Pompeya y sus frescos, Grecia y su arquitectura clásica, Petra y sus templos excavados son algunos ejemplos de la huella que imprimen en su obra los diferentes lugares visitados en sus periplos. Las imágenes de los paisajes de Poniatowska son el retrato de su existencia, en ellos encontramos, como diría Baudelaire, “el objeto y el sujeto, el mundo exterior y el artista mismo”. En sus ruinas, columnas, paisajes rocosos y nocturnos Poniatowska convierte su mirada en el objetivo de una cámara con la que es capaz de acercar y alejar la realidad que tenemos frente a nosotros. Desde puntos de vista muy particulares, la artista trabaja cada fragmento del soporte al mínimo detalle. En cada fracción del mismo hay un maravilloso juego de luces y sombras, de vacíos y saturados que confluyen, reduciendo su importancia frente a la complejidad del todo.

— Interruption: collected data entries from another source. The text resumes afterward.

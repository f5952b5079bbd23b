//! The evaluator's tasks, as a front takes them.
ghost use Rattle.std.specs.Prelude.{◌≡◌, ◌∷◌, ℕ, List, IfOk};
ghost use Rattle.do_value.specs.Limits.{IsSafe};
ghost use Rattle.do_value.specs.Seen.{trees_in};
ghost use Rattle.do_tree.specs.Checked.{tree_of};
ghost use Rattle.do_tree.specs.Tree.{Script};
ghost use Rattle.script_mean.specs.Meaning.{meaning};
ghost use Rattle.script_mean.specs.Task.{Resume};
ghost use Rattle.script_eval.specs.Tasks as evaluator;
ghost use Rattle.front_turns.specs.Paused.{HasClass, HasMethod};
ghost use Rattle.front_turns.specs.Outcomes.{IsOfClass, later, segment_of};
ghost use Rattle.object_front.specs.Evaluated.{seen, stays};

use do_tree::Checked;
use do_value::{Fields, Mem, NoMemory, Value};
use front_turns::{Outcome, Task};
use script_mean::Answer;
use std::alloc::Global;

/// A task of the evaluator that waits for an answer.
pub(crate) struct Evaluated {
    task: Box<script_eval::Task>,
}

// Written out, so that it is one function: a derived one is proved again wherever a task is let go.
impl Drop for Evaluated {
    fn drop(self) {
        let Evaluated { task } = self;
        drop(task);
    }
}

impl Task for Evaluated {
    ghost seen = { seen };

    fn start(
        alloc: Global,
        checked: &Checked,
        class: u32,
        method: u32,
        args: Vec<Value>,
        fields: Fields,
        now: i64,
    ) -> Mem<Outcome<Evaluated>> {
        let outcome = script_eval::Task::start(alloc, checked, class, method, args, fields, now)?;
        let turn = turned(alloc, outcome)?;
        Ok(turn)
    }

    fn resume(
        self,
        alloc: Global,
        checked: &Checked,
        answer: Answer,
        fields: Fields,
        now: i64,
    ) -> Mem<Outcome<Evaluated>> {
        let Evaluated { task } = self;
        let task = Box::into_inner(task);
        let outcome = task.resume(alloc, checked, answer, fields, now)?;
        let turn = turned(alloc, outcome)?;
        Ok(turn)
    }

    fn block(&self) -> bool {
        self.task.block()
    }

    ghost stays = { stays };
}

// A task that waits is kept behind a pointer, so that what is moved of it is small.
fn keep(alloc: Global, task: script_eval::Task) -> Mem<Evaluated>
    ensures { IfOk result (λ kept. kept.task.value ≡ task) }
{
    match Box::new(alloc, task) {
        Ok(task) => Ok(Evaluated { task }),
        Err(_) => Err(NoMemory),
    }
}

// The evaluator's turn as the front's.
fn turned(alloc: Global, outcome: script_eval::Outcome) -> Mem<Outcome<Evaluated>>
    ensures turn { IfOk result (λ o. segment_of seen o ≡ evaluator.segment_of outcome) }
    ensures later { IfOk result (λ o. (script : Script) (rs : List Resume) → later seen script o rs ≡ evaluator.later script outcome rs) }
    ensures class { IfOk result (λ o. (class : ℕ) → evaluator.IsOfClass class outcome → IsOfClass seen class o) }
{
    match outcome {
        script_eval::Outcome::Paused {
            task,
            batches,
            ask,
            fields,
        } => Ok(Outcome::Paused {
            task: keep(alloc, task)?,
            batches,
            ask,
            fields,
        }),
        script_eval::Outcome::Done {
            batches,
            value,
            fields,
        } => Ok(Outcome::Done {
            batches,
            value,
            fields,
        }),
        script_eval::Outcome::Threw {
            batches,
            value,
            fields,
            reset,
        } => Ok(Outcome::Threw {
            batches,
            value,
            fields,
            reset,
        }),
        script_eval::Outcome::Exceeded { batches } => Ok(Outcome::Exceeded { batches }),
    }
}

Se puede decir que desde la abstracción del detalle, conseguida a través del delicado tratamiento de las cuadrículas en que divide su obra, despega hacia la figuración del todo.

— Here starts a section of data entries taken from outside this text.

impl<'s, L: Names, D: Disk + Drop, R: Source + Drop, W: Sink + Drop, T: Wait + Copy> Board<
    's,
    L,
    D,
    R,
    W,
    T,
> {
    /// A board with each cell at its place. It takes no memory.
    pub fn new(
        cells: Cells<'s, D, R, W, T>,
        workers: u32,
        book: Book<L>,
    ) -> Board<'s, L, D, R, W, T>
        requires cells { AreCells L.names D.moment_of D.left_since D.told D.image D.faults_of R.left R.faults_of W.taken W.faults_of cells }
        requires full { empty_places (places_of cells) ≡ 0 }
        requires workers { 1 ≤ workers }
        requires book { book.total ≡ 0 }
        ensures { result ≡ places_of cells.entry }
    {
        let slots = cells.fronts.as_slice().len() as u32;
        let marks = Marks::new(slots);
        Board {
            cells,
            marks,
            slots,
            workers,
            next: 0,
            reading: Reading::Goes,
            halted: None,
            crew: Crew::new(),
            flow: Flow::new(),
            book,
        }
    }

    /// The cells as the board holds them. It takes no memory.
    pub fn into_cells(self) -> Cells<'s, D, R, W, T>
        ensures places { places_of result ≡ self.entry }
        ensures cells { AreCells L.names D.moment_of D.left_since D.told D.image D.faults_of R.left R.faults_of W.taken W.faults_of result }
    {
        let Board {
            cells,
            marks,
            slots: _,
            workers: _,
            next: _,
            reading: _,
            halted: _,
            crew,
            flow,
            book,
        } = self;
        drop(marks);
        drop(crew);
        drop(flow);
        drop(book);
        cells
    }

    // Who has every part of the ledger knows what the empty places count.
    pub(crate) fn audit(&mut self, share: &mut Share<L>)
        requires { share.old.parts ≡ L.parts }
        ensures { (self.new ≡ self.old) × (empty_places self.new ≡ share.old.amount) }
    {
        self.book.audit(share);
    }

    // What a worker may do now: work on a cell that is there and marked, of its own slots first; or read a line, where no place is marked;
    // or end, where no line is left to read either and no cell is out.
    pub(crate) fn look(&self, me: u32) -> Look
        ensures { IsLook self.now result }
    {
        if let Some(end) = self.halted {
            return Look::End(end);
        }
        match self.find_job(me) {
            Some(job) => Look::Do(job),
            None => self.look_on(),
        }
    }

    fn find_job(&self, me: u32) -> Option<Job>
        ensures { IfSome result (λ job. IsThere self.now job) }
    {
        if self.marks.switch() && self.has_switch() {
            return Some(Job::Switch);
        }
        match self.find(Whose::Mine(me)) {
            Some(job) => Some(job),
            None => self.find(Whose::Anyone),
        }
    }

    // A half that is there and marked, of these slots: from the next slot on, and then from the first on.
    fn find(&self, whose: Whose) -> Option<Job>
        ensures { IfSome result (λ job. IsThere self.now job) }
    {
        match self.find_from(self.next, whose) {
            Some(job) => Some(job),
            None => self.find_from(0, whose),
        }
    }

    fn find_from(&self, first: u32, whose: Whose) -> Option<Job>
        ensures { IfSome result (λ job. IsThere self.now job) }
    {
        let mut at = first;
        for _ in 0..self.slots {
            let slot = self.marks.first_from(at)?;
            if suits(slot, self.workers, whose)
                && let Some(job) = self.job_at(slot)
            {
                return Some(job);
            }
            at = slot.wrapping_add(1);
        }
        None
    }

    fn job_at(&self, slot: u32) -> Option<Job>
        ensures { IfSome result (λ job. IsThere self.now job) }
    {
        if self.marks.back(slot) && self.has_back(slot) {
            return Some(Job::Back(slot));
        }
        if self.marks.front(slot) && self.has_front(slot) {
            return Some(Job::Front(slot));
        }
        None
    }

    // What a worker may do where it finds no marked cell.
    fn look_on(&self) -> Look
        ensures { IsLook self.now result }
    {
        match self.reading {
            Reading::Goes => self.look_at_lines(),
            Reading::Ended => self.end_by(WorkEnd::Ended),
            Reading::Failed => self.end_by(WorkEnd::ReadFailed),
        }
    }

    fn look_at_lines(&self) -> Look
        ensures { IsLook self.now result }
    {
        if self.has_lines() && self.flow.room() > 0 {
            Look::Do(Job::Lines)
        } else {
            Look::Wait
        }
    }

    // A cell that is out may still make something to do.
    fn end_by(&self, end: WorkEnd) -> Look
        ensures { IsLook self.now result }
    {
        if self.is_whole() {
            Look::End(end)
        } else {
            Look::Wait
        }
    }

    fn is_whole(&self) -> bool {
        self.has_switch()
            && self.has_lines()
            && self.cells.fronts.iter().all(|place| place.is_some())
            && self.cells.backs.iter().all(|place| place.is_some())
    }

    fn has_front(&self, slot: u32) -> bool
        ensures { result ≡ true → IsThere self.now (Front slot) }
    {
        match self.cells.fronts.get(slot as usize) {
            Some(place) => place.is_some(),
            None => false,
        }
    }

    fn has_back(&self, slot: u32) -> bool
        ensures { result ≡ true → IsThere self.now (Back slot) }
    {
        match self.cells.backs.get(slot as usize) {
            Some(place) => place.is_some(),
            None => false,
        }
    }

    fn has_switch(&self) -> bool
        ensures { result ≡ true → IsThere self.now Switch }
    {
        self.cells.switch.is_some()
    }

    fn has_lines(&self) -> bool
        ensures { result ≡ true → IsThere self.now Lines }
    {
        self.cells.lines.is_some()
    }

    // Counts a worker that has come.
    pub(crate) fn come(&mut self)
        ensures { self.new ≡ self.old }
    {
        self.crew.come();
    }

    // Counts a worker that is about to sleep.
    pub(crate) fn sleep(&mut self)
        ensures { self.new ≡ self.old }
    {
        self.crew.sleep();
    }

    // Counts a worker that has woken.
    pub(crate) fn wake(&mut self)
        ensures { self.new ≡ self.old }
    {
        self.crew.wake();
    }

    // Whether a worker is to be called, since one sleeps and something is left to do; it counts as called then. For lines alone one is called
    // where the last read had several at hand, or where nobody looks soon: so no line waits for a turn or for a disk while a worker sleeps.
    pub(crate) fn call_one(&mut self, me: u32) -> bool
        ensures { self.new ≡ self.old }
    {
        if !self.crew.is_any_asleep() {
            return false;
        }
        let calls = match self.look(me) {
            Look::Do(Job::Lines) => self.flow.had_several() || !self.crew.looks_any_soon(),
            Look::Do(_) => true,
            _ => false,
        };
        if calls {
            self.crew.call();
        }
        calls
    }

    // How far the work on the cell of a place goes. A worker that is alone reads one line at a time: each is answered as far as it can be
    // before the next is read.
    pub(crate) fn bounds(&self, job: Job) -> Bounds {
        Bounds {
            waits: match job {
                Job::Back(slot) => self.marks.waits(slot),
                _ => 0,
            },
            lines: if self.workers == 1 {
                1
            } else {
                self.flow.room()
            },
        }
    }

    // Takes a cell that is there out of its place.
    pub(crate) fn take(&mut self, share: &mut Share<L>, job: Job) -> Held<'s, D, R, W, T>
        requires there { IsThere self.old job }
        requires part { 0 < share.old.parts }
        ensures held { IsHeld L.names D.moment_of D.left_since D.told D.image D.faults_of R.left R.faults_of W.taken W.faults_of result }
        ensures parts { share.new.parts ≡ share.old.parts }
        ensures amount { share.new.amount ≡ share.old.amount + held_count result }
    {
        self.marks.set(job, false);
        self.crew.begin(job);
        match job {
            Job::Front(slot) => {
                let cell = self.take_front(share, slot);
                Held::Front { slot, cell }
            }
            Job::Back(slot) => {
                let cell = self.take_back(share, slot);
                Held::Back { slot, cell }
            }
            Job::Switch => {
                let cell = self.take_switch(share);
                Held::Switch { cell }
            }
            Job::Lines => {
                let cell = self.take_lines(share);
                Held::Lines { cell }
            }
        }
    }

    fn take_front(&mut self, share: &mut Share<L>, slot: u32) -> FrontCell<'s, T>
        requires there { IsThere self.old (Front slot) }
        requires part { 0 < share.old.parts }
        ensures cell { (slot < L.names.slots) × IsFrontOf L.names slot result }
        ensures parts { share.new.parts ≡ share.old.parts }
        ensures amount { share.new.amount ≡ share.old.amount + 1 }
    {
        let Some(cell) = self.cells.fronts[slot as usize].take() else {
            unreachable!()
        };
        self.book.add(share, EACH_COUNT);
        self.next = slot.wrapping_add(1);
        cell
    }

    fn take_back(&mut self, share: &mut Share<L>, slot: u32) -> BackCell<D, T>
        requires there { IsThere self.old (Back slot) }
        requires part { 0 < share.old.parts }
        ensures cell { (slot < L.names.slots) × IsBackOf D.moment_of D.left_since D.told D.image D.faults_of L.names slot result }
        ensures parts { share.new.parts ≡ share.old.parts }
        ensures amount { share.new.amount ≡ share.old.amount + 1 }
    {
        let Some(cell) = self.cells.backs[slot as usize].take() else {
            unreachable!()
        };
        self.book.add(share, EACH_COUNT);
        self.next = slot.wrapping_add(1);
        cell
    }

    fn take_switch(&mut self, share: &mut Share<L>) -> SwitchCell<'s, W, T>
        requires there { IsThere self.old Switch }
        requires part { 0 < share.old.parts }
        ensures cell { IsSwitchOf W.taken W.faults_of L.names result }
        ensures parts { share.new.parts ≡ share.old.parts }
        ensures amount { share.new.amount ≡ share.old.amount + 1 }
    {
        let Some(cell) = self.cells.switch.take() else {
            unreachable!()
        };
        self.book.add(share, EACH_COUNT);
        cell
    }

    fn take_lines(&mut self, share: &mut Share<L>) -> LinesCell<R, T>
        requires there { IsThere self.old Lines }
        requires part { 0 < share.old.parts }
        ensures cell { IsLinesOf R.left R.faults_of L.names result }
        ensures parts { share.new.parts ≡ share.old.parts }
        ensures amount { share.new.amount ≡ share.old.amount + lines_count }
    {
        let Some(cell) = self.cells.lines.take() else {
            unreachable!()
        };
        self.book.add(share, LINES_COUNT);
        cell
    }

    // Puts a cell that was out back at its place, and marks what may have something to do after what was found at it.
    pub(crate) fn put_back(
        &mut self,
        share: &mut Share<L>,
        held: Held<'s, D, R, W, T>,
        found: Found,
    )
        requires held { IsHeld L.names D.moment_of D.left_since D.told D.image D.faults_of R.left R.faults_of W.taken W.faults_of held }
        requires out { held_count held ≤ share.old.amount }
        ensures parts { share.new.parts ≡ share.old.parts }
        ensures amount { share.new.amount + held_count held.entry ≡ share.old.amount }
    {
        self.stop_at(found);
        match held {
            Held::Front { slot, cell } => {
                self.note(Job::Front(slot), found);
                self.put_front(share, slot, cell);
            }
            Held::Back { slot, cell } => {
                self.note(Job::Back(slot), found);
                self.put_back_half(share, slot, cell);
            }
            Held::Switch { cell } => {
                self.note(Job::Switch, found);
                self.marks.follow_posts(cell.posts());
                self.flow.accept(cell.count_accepted());
                self.put_switch(share, cell);
            }
            Held::Lines { cell } => {
                self.note(Job::Lines, found);
                self.flow.read(found.lines);
                self.put_lines(share, cell);
            }
        }
    }

    // Notes that the cell of this place comes back, and what was found at it.
    fn note(&mut self, place: Job, found: Found)
        ensures { self.new ≡ self.old }
    {
        self.crew.end(place);
        self.marks.note(place, found);
    }

    // Notes that the reading has stopped, or that the work has to.
    fn stop_at(&mut self, found: Found)
        ensures { self.new ≡ self.old }
    {
        match found.stopped {
            Some(WorkEnd::Ended) => self.reading = Reading::Ended,
            Some(WorkEnd::ReadFailed) => self.reading = Reading::Failed,
            Some(end) => self.halted = Some(end),
            None => (),
        }
    }

    fn put_front(&mut self, share: &mut Share<L>, slot: u32, cell: FrontCell<'s, T>)
        requires place { (slot < L.names.slots) × IsFrontOf L.names slot cell }
        requires out { 1 ≤ share.old.amount }
        ensures parts { share.new.parts ≡ share.old.parts }
        ensures amount { share.new.amount + 1 ≡ share.old.amount }
    {
        if let Some(other) = self.cells.fronts[slot as usize].take() {
            no_two_fronts(cell, other);
            unreachable!()
        }
        self.cells.fronts[slot as usize] = Some(cell);
        self.book.sub(share, EACH_COUNT);
    }

    fn put_back_half(&mut self, share: &mut Share<L>, slot: u32, cell: BackCell<D, T>)
        requires place { (slot < L.names.slots) × IsBackOf D.moment_of D.left_since D.told D.image D.faults_of L.names slot cell }
        requires out { 1 ≤ share.old.amount }
        ensures parts { share.new.parts ≡ share.old.parts }
        ensures amount { share.new.amount + 1 ≡ share.old.amount }
    {
        if let Some(other) = self.cells.backs[slot as usize].take() {
            no_two_backs(cell, other);
            unreachable!()
        }
        self.cells.backs[slot as usize] = Some(cell);
        self.book.sub(share, EACH_COUNT);
    }

    fn put_switch(&mut self, share: &mut Share<L>, cell: SwitchCell<'s, W, T>)
        requires place { IsSwitchOf W.taken W.faults_of L.names cell }
        requires out { 1 ≤ share.old.amount }
        ensures parts { share.new.parts ≡ share.old.parts }
        ensures amount { share.new.amount + 1 ≡ share.old.amount }
    {
        if let Some(other) = self.cells.switch.take() {
            no_two_switches(cell, other);
            unreachable!()
        }
        self.cells.switch = Some(cell);
        self.book.sub(share, EACH_COUNT);
    }

    // The place is empty, since all others together count less than what the share has out.
    fn put_lines(&mut self, share: &mut Share<L>, cell: LinesCell<R, T>)
        requires place { IsLinesOf R.left R.faults_of L.names cell }
        requires out { lines_count ≤ share.old.amount }
        ensures parts { share.new.parts ≡ share.old.parts }
        ensures amount { share.new.amount + lines_count ≡ share.old.amount }
    {
        self.book.sub(share, LINES_COUNT);
        let _none = self.cells.lines.replace(cell);
    }
}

Un aspecto técnico que destaca en esta segunda época, y que define su estilo actual, se refiere a los fondos conformados a base de estratos o planos de color que Poniatowska aplica en un cierto orden: una primera capa de pintura acrílica ocre que tinta con varios baños de preparaciones líquidas y casi transparentes en azul, gris o verde; sobre estos estratos trabaja con lápiz, carboncillo y tinta para más tarde recubrir con materia ciertas áreas del dibujo y abrasar y reducir otras con goma a fin de atenuar sus líneas. Desde sus fondos emergen sus formas, sus figuras, siempre difusas, como si las hubiera plasmado sobre el papel en el instante de su desintegración matérica. Como resultado, el dibujo surge desde el interior de la obra a través de la simplicidad y la desnudez cromática, creando una sutileza infinita en la que la trama clásica se entremezcla con un fondo totalmente desdibujado.